For instance, Troi was acquainted with William Riker before either was posted to the Enterprise. Neither knew the other had been assigned to this starship until they first encountered one another on board. While Troi did no feel she could become deeply involved with Riker again, she did find their affair meaningful and pleasant. It has not progressed any further, as each feels honor bound to maintain a disciplined and professional status while aboard ship.
MARINA SIRTIS
A British actress, Marina Sirtis worked in various roles in England for years before she decided to give the colonies a try. She landed the continuing role of Deanna Troi after being in America only six months. “It’s taken me years to become an overnight success,” she quips. “I had a six-month visa, which was quickly running out. In fact, I got the call telling me I had the part only hours before I was to leave for the airport to return home.”
Marina enjoys the irony of being a British actress playing an alien on American television But viewers won’t notice a British accent coming out of an alien being, as she’s devised a combination of accents for the character to use. Sirtis states, “In the twenty-fourth century, geographical or national barriers are not so evident. The Earth as a planet is your country, your nationality. I didn’t want anyone to be able to pin down my accent to any particular country, and being good at accents, the producers trusted me to come up with something appropriate.”

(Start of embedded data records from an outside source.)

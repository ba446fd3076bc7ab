// One page: its tests 6 to 11 and 21, and its entries, over a layout.
#![tactic(auto)]

ghost use Rattle.std.specs.Prelude.{◌≡◌, true, ◌++◌, ◌+◌, ◌*◌, ◌%◌, ◌^◌, ◌≤◌, ◌<◌, leb, length};
ghost use Rattle.le.specs.Bytes.{byte};
ghost use Rattle.refusal.specs.Order.{in_order};
ghost use Rattle.page.specs.Layout.{as_given, compared as compared_of, entry_size, most_room, shape};
ghost use Rattle.edition.specs.Fair.{FairLayout};
ghost use Rattle.page.specs.Page.{signature as signature_of, count_of, level_of, offset_fits, kind_fits, number_fits, checksum_fits, level_fits, may_be_empty, counts_fit, bytes_rules, keys_in, key_rules, page_fits};

use edition::Layout;
use keys::{Disorder, Range, Shape};
use refusal::{Fault, Verdict};

// The level that a page must have.
#[derive(Clone, Copy, Debug, PartialEq, Eq)]
pub enum Level {
    AtRoot,
    Exactly(usize),
}

// A page as it is referred to.
#[derive(Clone, Copy)]
pub struct Link {
    pub number: u64,
    pub offset: u64,
    pub level: Level,
    pub range: Range,
}

// A number that a call is given, on the bytes that count.
pub fn as_given(l: Layout, number: u64) -> u64
    requires { FairLayout l }
    ensures { result ≡ as_given l number }
{
    if l.sought == 8 {
        return number;
    }
    number % 4294967296
}

// What is compared of a key sought.
pub fn compared(l: Layout, key: u64) -> u64
    requires { FairLayout l }
    ensures { result ≡ compared_of l key }
{
    keys::significant(l.reserved, as_given(l, key))
}

// A byte as a count.
fn count_at(page: &[u8], place: usize) -> usize
    requires { place < length page.now }
    ensures { (result ≡ byte page.now place) × (result < 256) }
{
    page[place] as usize
}

pub fn signature(offset: u64, number: u64) -> u16
    ensures { result ≡ signature_of offset number }
{
    let x = offset ^ number;
    ((x % 65536) as u16) ^ ((x / 65536 % 65536) as u16)
}

// Whether so many bytes from the offset end at `end` at the latest, as a sum that never wraps.
pub fn ends_by(offset: u64, size: u64, end: u64) -> bool
    ensures { result ≡ leb (offset + size) end }
{
    offset <= end && size <= end - offset
}

// Test 6.
pub fn offset_fits(image: &[u8], offset: u64) -> bool
    ensures { result ≡ offset_fits image.now offset }
{
    (offset % 64 == 0) & (17408 <= offset) & ends_by(offset, 512, header::file_end(image))
}

// Test 7.
fn kind_fits(l: Layout, page: &[u8]) -> bool
    requires { FairLayout l × (length page.now ≡ 512) }
    ensures { result ≡ kind_fits l page.now }
{
    let place = l.trailer;
    (le::byte_at(page, place) == l.kind) & (le::byte_at(page, place + 1) == l.kind)
}

// Test 8.
fn number_fits(l: Layout, p: Link, page: &[u8]) -> bool
    requires { FairLayout l × (length page.now ≡ 512) }
    ensures { result ≡ number_fits l p page.now }
{
    (le::field_of(page, l.number, l.word) == p.number)
        & (le::field2(page, l.trailer + 2) == signature(p.offset, p.number))
}

// Test 9.
fn checksum_fits(l: Layout, page: &[u8]) -> bool
    requires { FairLayout l × (length page.now ≡ 512) }
    ensures { result ≡ checksum_fits l page.now }
{
    le::field4(page, l.checksum) == crc::checksum(&page[..l.trailer])
}

fn level_fits(want: Level, level: usize) -> bool
    ensures { result ≡ level_fits want level }
{
    match want {
        Level::AtRoot => level <= 7,
        Level::Exactly(exact) => level == exact,
    }
}

fn may_be_empty(want: Level, level: usize) -> bool
    ensures { result ≡ may_be_empty want level }
{
    match want {
        Level::AtRoot => level == 0,
        Level::Exactly(_) => false,
    }
}

pub fn entry_size(l: Layout, level: usize) -> usize
    ensures { result ≡ entry_size l level }
{
    if level == 0 { l.leafsize } else { l.indexsize }
}

fn most_room(l: Layout, level: usize) -> usize
    ensures { result ≡ most_room l level }
{
    if level == 0 { l.leafroom } else { l.indexroom }
}

// The shape of the entries of a page of this level.
pub fn shape_of(l: Layout, level: usize) -> Shape
    ensures { result ≡ shape l level }
{
    Shape {
        size: entry_size(l, level),
        width: l.key,
        reserved: l.reserved,
    }
}

// How many entries a page has, its level, and the shape of its entries.
pub fn count_of(l: Layout, page: &[u8]) -> usize
    requires { FairLayout l × (length page.now ≡ 512) }
    ensures { (result ≡ count_of l page.now) × (result < 256) }
{
    count_at(page, l.counts)
}

pub fn level_of(l: Layout, page: &[u8]) -> usize
    requires { FairLayout l × (length page.now ≡ 512) }
    ensures { (result ≡ level_of l page.now) × (result < 256) }
{
    count_at(page, l.counts + 3)
}

pub fn shape_in(l: Layout, page: &[u8]) -> Shape
    requires { FairLayout l × (length page.now ≡ 512) }
    ensures { result ≡ shape l (level_of l page.now) }
{
    shape_of(l, level_of(l, page))
}

// Test 10.
fn counts_fit(l: Layout, p: Link, page: &[u8]) -> bool
    requires { FairLayout l × (length page.now ≡ 512) }
    ensures { result ≡ counts_fit l p page.now }
{
    let place = l.counts;
    let count = count_at(page, place);
    let room = count_at(page, place + 1);
    let size = count_at(page, place + 2);
    let level = count_at(page, place + 3);
    level_fits(p.level, level)
        & (size == entry_size(l, level))
        & (room <= most_room(l, level))
        & (count <= room)
        & ((1 <= count) | may_be_empty(p.level, level))
}

// Tests 11 and 21.
fn check_keys(l: Layout, p: Link, page: &[u8]) -> Verdict
    requires { FairLayout l × (length page.now ≡ 512) × (counts_fit l p page.now ≡ true) }
    ensures { result ≡ in_order (key_rules p (keys_in l page.now)) }
{
    match keys::check_keys(page, shape_in(l, page), count_of(l, page), p.range) {
        Ok(()) => Ok(()),
        Err(Disorder::Unordered(i)) => refusal::refused_entry(Fault::KeyOrder, p.offset, i as u64),
        Err(Disorder::Outside(i)) => refusal::refused_entry(Fault::KeyRange, p.offset, i as u64),
    }
}

// The tests from 7 on, of a page's bytes.
fn check_bytes(l: Layout, p: Link, page: &[u8]) -> Verdict
    requires { FairLayout l × (length page.now ≡ 512) }
    ensures { result ≡ in_order (bytes_rules l p page.now ++ key_rules p (keys_in l page.now)) }
{
    let offset = p.offset;
    if !kind_fits(l, page) {
        return refusal::refused_at(Fault::PageKind, offset);
    }
    if !number_fits(l, p, page) {
        return refusal::refused_at(Fault::PageNumber, offset);
    }
    if !checksum_fits(l, page) {
        return refusal::refused_at(Fault::PageChecksum, offset);
    }
    if !counts_fit(l, p, page) {
        return refusal::refused_at(Fault::PageCounts, offset);
    }
    check_keys(l, p, page)
}

// The page check: test 6, and the others of the part of the image from the offset for 512 bytes.
pub fn check_page(image: &[u8], l: Layout, p: Link) -> Verdict
    requires { FairLayout l }
    ensures { result ≡ page_fits l image.now p }
{
    let offset = p.offset;
    if !offset_fits(image, offset) {
        return refusal::refused_at(Fault::PageOffset, offset);
    }
    let at = offset as usize;
    check_bytes(l, p, &image[at..at + 512])
}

Sirtis initially auditioned for the role of Security Chief Tasha Yar. “After my third audition for Tasha, I was literally walking out the door when they called me back to read for Deanna. While I was looking at the script, director Corey Allen came in and said, ‘You have something personally that the character should have … an empathy, so use it.’ I love being able to play someone who is so deep with that kind of insight into people, particularly since I usually get cast as the hard 1980s stereotype.”
Born to Greek parents in North London, Marina demonstrated an inclination toward performing at an early age. “My mother tells me that when I was three, I used to stand up on the seat of the bus and sing to the other passengers.” However, her parents wanted their daughter to follow more “serious” pursuits, so after finishing high school, Marina had to secretly apply to the Guild Hall School of Music and Drama, where she was accepted. “My first job after graduating was as Ophelia in Hamlet for the Worthing Repertory Company.”
A BIG MTV FAN
Following that, she worked for a few years in British television and musical theater, and in other repertory companies throughout England and Europe. She landed some supporting roles in features, such as The Wicked Lady with Faye Dunaway and Deathwish III opposite Charles Bronson.
She decided to stay on in the United States and has settled in Los Angeles, where she watches “far too much MTV” and keeps track of her local soccer team in London, in which she owns a few shares. Her brother is a professional soccer player.
Marina has always been interested in the stars and space exploration and believes that she once saw a UFO. “I was working with a repertory company in Worthing, a seaside town in England. One night as I was walking down the street, I saw this huge orange thing in the sky. At first I thought it must be the moon, but it was very off color. It was very close, but too high to be a balloon. Apparently a lot of other people saw it too.”